Chain Wrestling- I began to take a small crack at this one when I brought up transitioning in the last section. Chain wrestling by definition is exactly that, learning to smoothly transition from one move to another whether it be in an offensive sequence, defensive sequence, or a combination of the two. In you’re a Game, it is learning what moves feed into one another, anticipating your opponents reactions, and trying to stay a couple steps ahead at all times. On defense, it’ll probably be a lot like this, I know my opponent wants “A” to lead to “B” then “C”. If I can’t stop “A” for whatever reason what do I need to look for to stop “B”? If I can’t stop “B” then I need to look for my best option from “C” to prevent losing the match. If I do stop “B” what position will my opponent be in and where can I go to immediately leave him or her vulnerable to my own chain of attacks to get back on the offensive side of the match?
One of the biggest determinants to success with chain wrestling is the ability to picture and plan for the action and reaction between you and your opponent in those scenarios of your offense and defense. This is exactly what we went in to above with the ABC scenario. It seems stupid, and maybe even a bit too simple that way but I promise your level of wrestling will skyrocket as a result.

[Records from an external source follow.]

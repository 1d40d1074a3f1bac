// Reading a frame as a request: one function for each opcode whose request has more than a detail and one word after it.
ghost use Rattle.std.specs.Prelude.{◌≡◌, ◌↔◌, ◌==◌, if◌then◌else◌, length, option_and_then, option_map, IsNone};
ghost use Rattle.af_request.specs.Asked.{request_meaning};
ghost use Rattle.af_request.specs.Fields.{u32_at, u8_at};
ghost use Rattle.af_request.specs.Requests.{asked_in, asked_by, row_of, IsNoRequest};
ghost use Rattle.af_request.specs.Requests.{no_op_row, create_ac_row, change_ac_row, play_run_row};
ghost use Rattle.af_request.specs.Requests.{record_run_row, set_controls_row};

use crate::{Request, opcode};
use af_time::DevTime;
use af_wire::Order;

/// Reads one whole frame in the byte order of its link. None exactly if its opcode is unknown, or its length is not the opcode's.
/// Padding, and bits that have no meaning, are ignored.
pub fn read_request<'a>(order: Order, frame: &'a [u8]) -> Option<Request<'a>>
    ensures value { option_map request_meaning result ≡ asked_in order frame.entry.now }
    ensures none { IsNone result ↔ IsNoRequest order frame.entry.now }
{
    let opcode = frame.first()?;
    request_of(order, *opcode, frame)
}

fn request_of<'a>(order: Order, opcode: u8, frame: &'a [u8]) -> Option<Request<'a>>
    ensures { option_map request_meaning result
        ≡ option_and_then (asked_by frame.entry.now) (row_of order opcode frame.entry.now) }
{
    match opcode {
        opcode::NO_OP => no_op(frame),
        opcode::GET_TIME => Some(Request::GetTime {
            device: one_word(frame)?,
        }),
        opcode::CREATE_AC => create_ac(order, frame),
        opcode::CHANGE_AC => change_ac(order, frame),
        opcode::FREE_AC => {
            let (_, ac) = two_words(order, frame)?;
            Some(Request::FreeAc { ac })
        }
        opcode::PLAY => play_run(order, frame),
        opcode::RECORD => record_run(order, frame),
        opcode::SELECT_EVENTS => {
            let (device, mask) = two_words(order, frame)?;
            Some(Request::SelectEvents { device, mask })
        }
        opcode::SET_CONTROLS => set_controls(order, frame),
        opcode::QUERY_CONTROLS => Some(Request::QueryControls {
            device: one_word(frame)?,
        }),
        opcode::HOOK_SWITCH => {
            let (device, off) = two_words(order, frame)?;
            Some(Request::HookSwitch { device, off })
        }
        opcode::QUERY_PHONE => Some(Request::QueryPhone {
            device: one_word(frame)?,
        }),
        _ => None,
    }
}

// The detail of a frame of one word.
fn one_word(frame: &[u8]) -> Option<u8>
    ensures { result ≡ if length frame.now == 4 then Some (u8_at 1 frame.now) else None }
{
    let [_, detail, _, _] = frame else {
        return None;
    };
    Some(*detail)
}

// The detail of a frame of two words, and the second word.
fn two_words(order: Order, frame: &[u8]) -> Option<(u8, u32)>
    ensures { result ≡ if length frame.now == 8 then Some (u8_at 1 frame.now, u32_at order 4 frame.now) else None }
{
    let [_, detail, _, _, a, b, c, d] = frame else {
        return None;
    };
    Some((*detail, order.u32([*a, *b, *c, *d])))
}

fn no_op<'a>(frame: &'a [u8]) -> Option<Request<'a>>
    ensures { option_map request_meaning result ≡ asked_by frame.entry.now (no_op_row frame.entry.now) }
{
    let [_, _, _, _] = frame else {
        return None;
    };
    Some(Request::NoOp)
}

fn create_ac<'a>(order: Order, frame: &'a [u8]) -> Option<Request<'a>>
    ensures { option_map request_meaning result ≡ asked_by frame.entry.now (create_ac_row order frame.entry.now) }
{
    let [
        _,
        device,
        _,
        _,
        a,
        b,
        c,
        d,
        ty,
        channels,
        preempt,
        _,
        p,
        q,
        r,
        s,
    ] = frame
    else {
        return None;
    };
    Some(Request::CreateAc {
        device: *device,
        ac: order.u32([*a, *b, *c, *d]),
        ty: *ty,
        channels: *channels,
        preempt: *preempt,
        play_gain: order.i16([*p, *q]),
        record_gain: order.i16([*r, *s]),
    })
}

fn change_ac<'a>(order: Order, frame: &'a [u8]) -> Option<Request<'a>>
    ensures { option_map request_meaning result ≡ asked_by frame.entry.now (change_ac_row order frame.entry.now) }
{
    let [_, mask, _, _, a, b, c, d, preempt, _, _, _, p, q, r, s] = frame else {
        return None;
    };
    Some(Request::ChangeAc {
        mask: *mask,
        ac: order.u32([*a, *b, *c, *d]),
        preempt: *preempt,
        play_gain: order.i16([*p, *q]),
        record_gain: order.i16([*r, *s]),
    })
}

fn play_run<'a>(order: Order, frame: &'a [u8]) -> Option<Request<'a>>
    ensures { option_map request_meaning result ≡ asked_by frame.entry.now (play_run_row order frame.entry.now) }
{
    let [
        _,
        detail,
        _,
        _,
        a,
        b,
        c,
        d,
        e,
        f,
        g,
        h,
        i,
        j,
        k,
        l,
        data @ ..,
    ] = frame
    else {
        return None;
    };
    let nbytes = order.u32([*i, *j, *k, *l]) as usize;
    if data.len() != 4 * nbytes.div_ceil(4) {
        return None;
    }
    Some(Request::PlayRun {
        quiet: *detail & 1 == 1,
        ac: order.u32([*a, *b, *c, *d]),
        time: DevTime(order.u32([*e, *f, *g, *h])),
        samples: &data[..nbytes],
    })
}

fn record_run<'a>(order: Order, frame: &'a [u8]) -> Option<Request<'a>>
    ensures { option_map request_meaning result ≡ asked_by frame.entry.now (record_run_row order frame.entry.now) }
{
    let [_, detail, _, _, a, b, c, d, e, f, g, h, i, j, k, l] = frame else {
        return None;
    };
    Some(Request::RecordRun {
        blocking: *detail & 1 == 1,
        ac: order.u32([*a, *b, *c, *d]),
        time: DevTime(order.u32([*e, *f, *g, *h])),
        nbytes: order.u32([*i, *j, *k, *l]),
    })
}

fn set_controls<'a>(order: Order, frame: &'a [u8]) -> Option<Request<'a>>
    ensures { option_map request_meaning result ≡ asked_by frame.entry.now (set_controls_row order frame.entry.now) }
{
    let [_, device, _, _, mask, input_on, output_on, _, p, q, r, s] = frame else {
        return None;
    };
    Some(Request::SetControls {
        device: *device,
        mask: *mask,
        input_on: *input_on,
        output_on: *output_on,
        input_gain: order.i16([*p, *q]),
        output_gain: order.i16([*r, *s]),
    })
}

There are quite a few differences between your high school wrestler and your successful college wrestler. The good news is, all of this can be learned and constantly made better through your own adherence and willingness to do better in all aspects of your college experience. Remember, it is natural to feel a bit overwhelmed, college isn’t easy, college wrestling really isn’t easy, but you’ve made the first step to proving just how tough you are so stick with it. Remember the guidelines, tricks, and people that are there or that can be put into place to aid you in any struggle you may have, and at the end of the day, remember that these will be some of the best days of your life. Enjoy it while you can.